Perhaps the FDA now takes the most progressive stance, allowing drug companies to give physicians journal articles that discuss off-label uses of products not yet approved by the FDA. This approach replaces the relevant provisions in the FDA 1997 Modernization Act (FDAMA), which expired in 2006. The new guidelines include provisions allowing dissemination of information if a drug company meets certain criteria. In this way, the FDA is making it easier for pharmaceutical companies to distribute more truthful, non-misleading, and objective information than had been possible in the past. It is assumed and hoped that this will benefit patients who might gain access to products which their physicians were previously unaware of, or reluctant to try.
Even with these protections and the additional latitude provided to drug companies and prescribing physicians, there are still some who object, claiming that there are insufficient protections for the patient. They argue that there should be a strict requirement compelling doctors to obtain informed consent from patients who are prescribed drugs for an off-label use just as they would before enrolling patients in a clinical research study.
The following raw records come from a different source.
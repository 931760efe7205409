//! Histories of removals: those that the rewrite queue is told, and those that it isn't.

use crate::batches::Part::{Clean, Compact, Delete, Entries, Put, Truncate};
use crate::cases::{APPENDED, Case};
use crate::engine::Step::{Append, Purge, Restart, Rewrite, Tell, TellCleaned};

/// Returns the histories of removals.
pub fn cases() -> &'static [Case] {
    &CASES
}

static CASES: [Case; 20] = [
    // A Clean that the rewrite queue isn't told: what was rewritten comes back.
    Case {
        steps: &[
            Append(1, &[Entries(1, 5)]),
            Rewrite(1, Some(1), &[Entries(1, 5)]),
            Append(2, &[Clean]),
            Purge(APPENDED, 2),
        ],
        kept: "",
        found: "[1,5)",
    },
    Case {
        steps: &[
            Append(1, &[Entries(1, 5)]),
            Rewrite(1, Some(1), &[Entries(1, 5)]),
            Append(2, &[Clean]),
            TellCleaned(1),
            Purge(APPENDED, 2),
        ],
        kept: "",
        found: "",
    },
    // A Clean that it is told after the rewriting of a new life: that is lost.
    Case {
        steps: &[
            Append(1, &[Entries(1, 5)]),
            Rewrite(1, Some(1), &[Entries(1, 5)]),
            Append(2, &[Clean]),
            Append(3, &[Entries(1, 3)]),
            Rewrite(2, Some(3), &[Entries(1, 3)]),
            TellCleaned(3),
            Purge(APPENDED, 3),
        ],
        kept: "[1,3)",
        found: "",
    },
    // By the rule.
    Case {
        steps: &[
            Append(1, &[Entries(1, 5)]),
            Rewrite(1, Some(1), &[Entries(1, 5)]),
            Append(2, &[Clean]),
            Append(3, &[Entries(1, 3)]),
            TellCleaned(2),
            Rewrite(3, Some(3), &[Entries(1, 3)]),
            Purge(APPENDED, 3),
        ],
        kept: "[1,3)",
        found: "[1,3)",
    },
    // A deletion that it isn't told, and one that it is told.
    Case {
        steps: &[
            Append(1, &[Put("v")]),
            Rewrite(1, Some(1), &[Put("v")]),
            Append(2, &[Delete]),
            Purge(APPENDED, 2),
        ],
        kept: "",
        found: "k=v",
    },
    Case {
        steps: &[
            Append(1, &[Put("v")]),
            Rewrite(1, Some(1), &[Put("v")]),
            Append(2, &[Delete]),
            Tell(1, &[Delete]),
            Purge(APPENDED, 2),
        ],
        kept: "",
        found: "",
    },
    // A compaction.
    Case {
        steps: &[
            Append(1, &[Entries(1, 5)]),
            Rewrite(1, Some(1), &[Entries(1, 5)]),
            Append(2, &[Compact(3)]),
            Purge(APPENDED, 2),
        ],
        kept: "[3,5)",
        found: "[1,5)",
    },
    Case {
        steps: &[
            Append(1, &[Entries(1, 5)]),
            Rewrite(1, Some(1), &[Entries(1, 5)]),
            Append(2, &[Compact(3)]),
            Tell(1, &[Compact(3)]),
            Purge(APPENDED, 2),
        ],
        kept: "[3,5)",
        found: "[3,5)",
    },
    // A truncation.
    Case {
        steps: &[
            Append(1, &[Entries(1, 5)]),
            Rewrite(1, Some(1), &[Entries(1, 5)]),
            Append(2, &[Truncate(3)]),
            Purge(APPENDED, 2),
        ],
        kept: "[1,3)",
        found: "[1,5)",
    },
    Case {
        steps: &[
            Append(1, &[Entries(1, 5)]),
            Rewrite(1, Some(1), &[Entries(1, 5)]),
            Append(2, &[Truncate(3)]),
            Tell(1, &[Truncate(3)]),
            Purge(APPENDED, 2),
        ],
        kept: "[1,3)",
        found: "[1,3)",
    },
    // A deletion of which a restart doesn't tell the rewrite queue, and one of which it does.
    Case {
        steps: &[
            Append(1, &[Put("v")]),
            Rewrite(1, Some(1), &[Put("v")]),
            Append(2, &[Delete]),
            Restart,
            Purge(APPENDED, 2),
        ],
        kept: "",
        found: "k=v",
    },
    Case {
        steps: &[
            Append(1, &[Put("v")]),
            Rewrite(1, Some(1), &[Put("v")]),
            Append(2, &[Delete]),
            Restart,
            Tell(1, &[Delete]),
            Purge(APPENDED, 2),
        ],
        kept: "",
        found: "",
    },
    // The same of a run that replaces rewritten entries.
    Case {
        steps: &[
            Append(1, &[Entries(1, 10)]),
            Rewrite(1, Some(1), &[Entries(1, 10)]),
            Append(2, &[Entries(5, 7)]),
            Append(2, &[Compact(7)]),
            Restart,
            Tell(1, &[Compact(7)]),
            Purge(APPENDED, 2),
        ],
        kept: "",
        found: "[7,10)",
    },
    Case {
        steps: &[
            Append(1, &[Entries(1, 10)]),
            Rewrite(1, Some(1), &[Entries(1, 10)]),
            Append(2, &[Entries(5, 7)]),
            Append(2, &[Compact(7)]),
            Restart,
            Tell(1, &[Truncate(5), Compact(7)]),
            Purge(APPENDED, 2),
        ],
        kept: "",
        found: "",
    },
    // A run that replaces rewritten entries, and is gone before it is rewritten: what it replaced comes back.
    Case {
        steps: &[
            Append(1, &[Entries(1, 10)]),
            Rewrite(1, Some(1), &[Entries(1, 10)]),
            Append(2, &[Entries(5, 7)]),
            Append(2, &[Compact(7)]),
            Tell(1, &[Compact(7)]),
            Purge(APPENDED, 2),
        ],
        kept: "",
        found: "[7,10)",
    },
    Case {
        steps: &[
            Append(1, &[Entries(1, 10)]),
            Rewrite(1, Some(1), &[Entries(1, 10)]),
            Append(2, &[Entries(5, 7)]),
            Append(2, &[Compact(7)]),
            Tell(1, &[Truncate(5), Compact(7)]),
            Purge(APPENDED, 2),
        ],
        kept: "",
        found: "",
    },
    // The same, and a new life.
    Case {
        steps: &[
            Append(1, &[Entries(1, 10)]),
            Rewrite(1, Some(1), &[Entries(1, 10)]),
            Append(2, &[Entries(5, 7)]),
            Append(2, &[Compact(7)]),
            Tell(1, &[Compact(7)]),
            Purge(APPENDED, 2),
            Append(3, &[Entries(8, 9)]),
            Rewrite(2, Some(3), &[Entries(8, 9)]),
            Purge(APPENDED, 3),
        ],
        kept: "[8,9)",
        found: "[7,9)",
    },
    Case {
        steps: &[
            Append(1, &[Entries(1, 10)]),
            Rewrite(1, Some(1), &[Entries(1, 10)]),
            Append(2, &[Entries(5, 7)]),
            Append(2, &[Compact(7)]),
            Tell(1, &[Truncate(5), Compact(7)]),
            Purge(APPENDED, 2),
            Append(3, &[Entries(8, 9)]),
            Rewrite(2, Some(3), &[Entries(8, 9)]),
            Purge(APPENDED, 3),
        ],
        kept: "[8,9)",
        found: "[8,9)",
    },
    // A key that is deleted and put again: what is told stands before the rewriting.
    Case {
        steps: &[
            Append(1, &[Put("1")]),
            Rewrite(1, Some(1), &[Put("1")]),
            Append(2, &[Delete]),
            Append(3, &[Put("2")]),
            Rewrite(1, Some(3), &[Put("2")]),
            Tell(1, &[Delete]),
            Purge(APPENDED, 3),
        ],
        kept: "k=2",
        found: "",
    },
    Case {
        steps: &[
            Append(1, &[Put("1")]),
            Rewrite(1, Some(1), &[Put("1")]),
            Append(2, &[Delete]),
            Append(3, &[Put("2")]),
            Tell(1, &[Delete]),
            Rewrite(1, Some(3), &[Put("2")]),
            Purge(APPENDED, 3),
        ],
        kept: "k=2",
        found: "k=2",
    },
];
Off-label prescribing of medications cannot automatically be criticized, as often this is the optimal therapy for some conditions. Unfortunately, there are numerous medical conditions and other morbidities where there are no approved, effective drug therapies available. Moreover, some very effective therapies have been discovered by serendipity in this way—an off-label use today may lead to tomorrow's effective and officially approved use of a drug. It is becoming possible for the practitioner to gain some legitimate and non-commercial information. The reference work "Facts and Comparisons" includes information about known off-label uses of many drugs. In addition, the US Pharmacopeia reference compendium lists at the end of a monograph information about any known off-label use of that drug.
As with many other situations where not all of the facts may be known, it seems that the wisest path is to approach the use of drugs for off-label conditions with great caution and as much knowledge as may be gained before the prescribing decision is arrived at.